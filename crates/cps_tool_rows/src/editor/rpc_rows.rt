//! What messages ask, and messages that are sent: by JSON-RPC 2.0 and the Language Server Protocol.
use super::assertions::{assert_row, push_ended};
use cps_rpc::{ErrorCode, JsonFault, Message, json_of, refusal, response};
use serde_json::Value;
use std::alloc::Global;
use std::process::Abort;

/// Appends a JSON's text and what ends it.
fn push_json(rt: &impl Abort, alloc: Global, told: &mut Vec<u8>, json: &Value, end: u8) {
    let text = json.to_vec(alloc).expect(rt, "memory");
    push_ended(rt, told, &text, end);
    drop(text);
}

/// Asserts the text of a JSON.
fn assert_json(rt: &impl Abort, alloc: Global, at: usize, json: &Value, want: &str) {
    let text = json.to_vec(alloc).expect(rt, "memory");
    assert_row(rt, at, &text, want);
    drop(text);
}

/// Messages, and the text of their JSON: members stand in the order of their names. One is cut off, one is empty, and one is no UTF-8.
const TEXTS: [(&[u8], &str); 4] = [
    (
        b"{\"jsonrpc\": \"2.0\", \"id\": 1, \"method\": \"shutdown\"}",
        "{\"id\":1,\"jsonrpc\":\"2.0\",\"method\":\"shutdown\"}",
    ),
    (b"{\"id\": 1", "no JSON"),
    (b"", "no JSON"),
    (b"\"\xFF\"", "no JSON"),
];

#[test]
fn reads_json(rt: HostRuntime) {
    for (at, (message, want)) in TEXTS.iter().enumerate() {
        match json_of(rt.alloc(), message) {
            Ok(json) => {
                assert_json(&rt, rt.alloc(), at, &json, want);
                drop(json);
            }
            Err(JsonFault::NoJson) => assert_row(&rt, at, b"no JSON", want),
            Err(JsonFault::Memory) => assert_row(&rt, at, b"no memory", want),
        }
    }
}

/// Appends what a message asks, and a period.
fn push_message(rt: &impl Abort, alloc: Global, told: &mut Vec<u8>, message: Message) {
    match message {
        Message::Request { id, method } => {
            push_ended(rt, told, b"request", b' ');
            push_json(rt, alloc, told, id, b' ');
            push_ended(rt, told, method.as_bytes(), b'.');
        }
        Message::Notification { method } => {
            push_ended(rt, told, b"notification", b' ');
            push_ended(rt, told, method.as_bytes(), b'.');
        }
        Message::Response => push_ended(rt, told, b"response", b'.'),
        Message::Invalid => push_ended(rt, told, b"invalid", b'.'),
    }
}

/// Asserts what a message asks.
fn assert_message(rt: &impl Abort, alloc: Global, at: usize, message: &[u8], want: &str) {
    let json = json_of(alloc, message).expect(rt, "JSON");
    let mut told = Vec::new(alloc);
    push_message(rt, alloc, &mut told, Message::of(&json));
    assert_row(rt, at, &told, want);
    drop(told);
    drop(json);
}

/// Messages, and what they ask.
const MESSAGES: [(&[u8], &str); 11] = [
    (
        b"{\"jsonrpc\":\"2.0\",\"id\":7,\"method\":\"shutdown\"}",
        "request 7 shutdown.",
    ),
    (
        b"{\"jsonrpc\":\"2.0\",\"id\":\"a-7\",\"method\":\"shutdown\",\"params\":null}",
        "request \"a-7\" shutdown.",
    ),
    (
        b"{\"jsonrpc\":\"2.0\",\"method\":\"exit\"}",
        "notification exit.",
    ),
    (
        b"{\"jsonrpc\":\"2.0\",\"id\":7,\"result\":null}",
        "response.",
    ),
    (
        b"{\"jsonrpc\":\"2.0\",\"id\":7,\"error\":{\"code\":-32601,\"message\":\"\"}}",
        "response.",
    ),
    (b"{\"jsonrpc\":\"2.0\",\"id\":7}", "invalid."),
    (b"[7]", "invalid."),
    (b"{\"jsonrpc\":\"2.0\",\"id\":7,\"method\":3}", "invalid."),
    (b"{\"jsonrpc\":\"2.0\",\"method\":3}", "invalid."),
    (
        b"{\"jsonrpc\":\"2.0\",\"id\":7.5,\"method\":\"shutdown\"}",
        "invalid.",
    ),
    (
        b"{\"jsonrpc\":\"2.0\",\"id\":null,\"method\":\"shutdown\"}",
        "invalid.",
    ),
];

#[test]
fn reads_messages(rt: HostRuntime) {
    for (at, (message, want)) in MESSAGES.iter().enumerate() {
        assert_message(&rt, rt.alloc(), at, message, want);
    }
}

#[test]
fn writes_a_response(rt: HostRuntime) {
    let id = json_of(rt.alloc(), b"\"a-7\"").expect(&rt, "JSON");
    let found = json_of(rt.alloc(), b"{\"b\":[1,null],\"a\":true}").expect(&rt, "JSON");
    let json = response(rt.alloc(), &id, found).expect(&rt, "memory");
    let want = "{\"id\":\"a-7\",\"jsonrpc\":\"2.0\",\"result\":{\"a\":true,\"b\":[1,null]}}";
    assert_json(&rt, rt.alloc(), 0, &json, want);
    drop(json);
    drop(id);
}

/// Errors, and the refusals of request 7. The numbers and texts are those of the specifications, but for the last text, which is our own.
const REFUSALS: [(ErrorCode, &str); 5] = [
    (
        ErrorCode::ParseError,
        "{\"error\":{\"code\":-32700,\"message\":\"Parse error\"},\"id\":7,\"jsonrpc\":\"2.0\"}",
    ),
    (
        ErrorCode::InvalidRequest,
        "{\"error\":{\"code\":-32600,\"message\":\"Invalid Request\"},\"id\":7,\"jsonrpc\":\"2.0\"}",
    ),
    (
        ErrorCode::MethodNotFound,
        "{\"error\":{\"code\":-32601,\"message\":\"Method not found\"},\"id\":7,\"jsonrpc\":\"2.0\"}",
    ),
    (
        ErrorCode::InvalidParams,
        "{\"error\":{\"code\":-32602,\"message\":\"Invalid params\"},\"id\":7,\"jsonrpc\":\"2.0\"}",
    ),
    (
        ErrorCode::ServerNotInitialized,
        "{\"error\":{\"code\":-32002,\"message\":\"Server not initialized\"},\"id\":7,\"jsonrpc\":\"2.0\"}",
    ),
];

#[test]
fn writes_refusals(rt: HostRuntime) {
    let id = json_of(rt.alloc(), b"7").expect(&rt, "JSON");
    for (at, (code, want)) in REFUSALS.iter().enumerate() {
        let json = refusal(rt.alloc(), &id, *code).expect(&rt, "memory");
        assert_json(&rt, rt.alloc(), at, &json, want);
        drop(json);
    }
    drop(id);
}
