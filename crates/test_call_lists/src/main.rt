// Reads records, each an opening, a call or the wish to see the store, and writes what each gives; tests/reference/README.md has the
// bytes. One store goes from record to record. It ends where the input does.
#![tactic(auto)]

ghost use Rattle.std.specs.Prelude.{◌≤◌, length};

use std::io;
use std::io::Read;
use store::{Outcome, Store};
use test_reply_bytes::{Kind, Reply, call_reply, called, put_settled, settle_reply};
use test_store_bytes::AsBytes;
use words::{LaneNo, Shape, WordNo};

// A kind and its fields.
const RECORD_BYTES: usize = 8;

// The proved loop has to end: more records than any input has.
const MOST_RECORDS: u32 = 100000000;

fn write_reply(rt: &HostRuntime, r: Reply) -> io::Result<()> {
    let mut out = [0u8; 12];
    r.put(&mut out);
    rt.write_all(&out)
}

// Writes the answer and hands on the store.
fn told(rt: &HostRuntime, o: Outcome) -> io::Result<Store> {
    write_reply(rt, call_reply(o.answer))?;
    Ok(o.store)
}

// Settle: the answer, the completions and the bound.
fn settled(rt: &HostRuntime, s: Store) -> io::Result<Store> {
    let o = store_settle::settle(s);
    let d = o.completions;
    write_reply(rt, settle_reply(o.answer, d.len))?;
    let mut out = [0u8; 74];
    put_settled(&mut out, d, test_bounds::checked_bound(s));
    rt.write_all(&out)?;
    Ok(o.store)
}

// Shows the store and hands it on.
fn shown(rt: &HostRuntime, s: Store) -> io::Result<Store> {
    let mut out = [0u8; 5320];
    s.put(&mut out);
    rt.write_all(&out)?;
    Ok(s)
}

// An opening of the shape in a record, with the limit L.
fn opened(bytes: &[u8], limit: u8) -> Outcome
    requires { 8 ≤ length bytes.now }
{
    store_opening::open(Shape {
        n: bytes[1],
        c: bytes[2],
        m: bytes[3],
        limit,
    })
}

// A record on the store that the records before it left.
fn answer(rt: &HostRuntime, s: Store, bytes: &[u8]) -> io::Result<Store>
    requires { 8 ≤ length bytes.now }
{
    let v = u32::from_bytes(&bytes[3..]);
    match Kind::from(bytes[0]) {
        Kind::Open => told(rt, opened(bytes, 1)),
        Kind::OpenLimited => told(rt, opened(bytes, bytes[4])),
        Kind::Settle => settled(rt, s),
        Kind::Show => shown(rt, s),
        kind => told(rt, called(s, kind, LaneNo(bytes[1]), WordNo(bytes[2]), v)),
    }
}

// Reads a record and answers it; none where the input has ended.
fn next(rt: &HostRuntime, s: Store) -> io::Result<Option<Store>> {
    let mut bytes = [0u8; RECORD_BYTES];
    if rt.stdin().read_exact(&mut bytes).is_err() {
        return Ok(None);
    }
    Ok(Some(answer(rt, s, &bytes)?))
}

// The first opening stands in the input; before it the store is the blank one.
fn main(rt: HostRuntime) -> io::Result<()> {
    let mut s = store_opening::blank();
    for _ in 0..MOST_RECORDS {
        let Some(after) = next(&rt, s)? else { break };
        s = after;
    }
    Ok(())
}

————

(Exercise)
What lines above hold the word "Global"? List them all.

(Your response)
use std::alloc::Global;
fn push_json(rt: &impl Abort, alloc: Global, told: &mut Vec<u8>, json: &Value, end: u8) {
fn assert_json(rt: &impl Abort, alloc: Global, at: usize, json: &Value, want: &str) {
fn push_message(rt: &impl Abort, alloc: Global, told: &mut Vec<u8>, message: Message) {
fn assert_message(rt: &impl Abort, alloc: Global, at: usize, message: &[u8], want: &str) {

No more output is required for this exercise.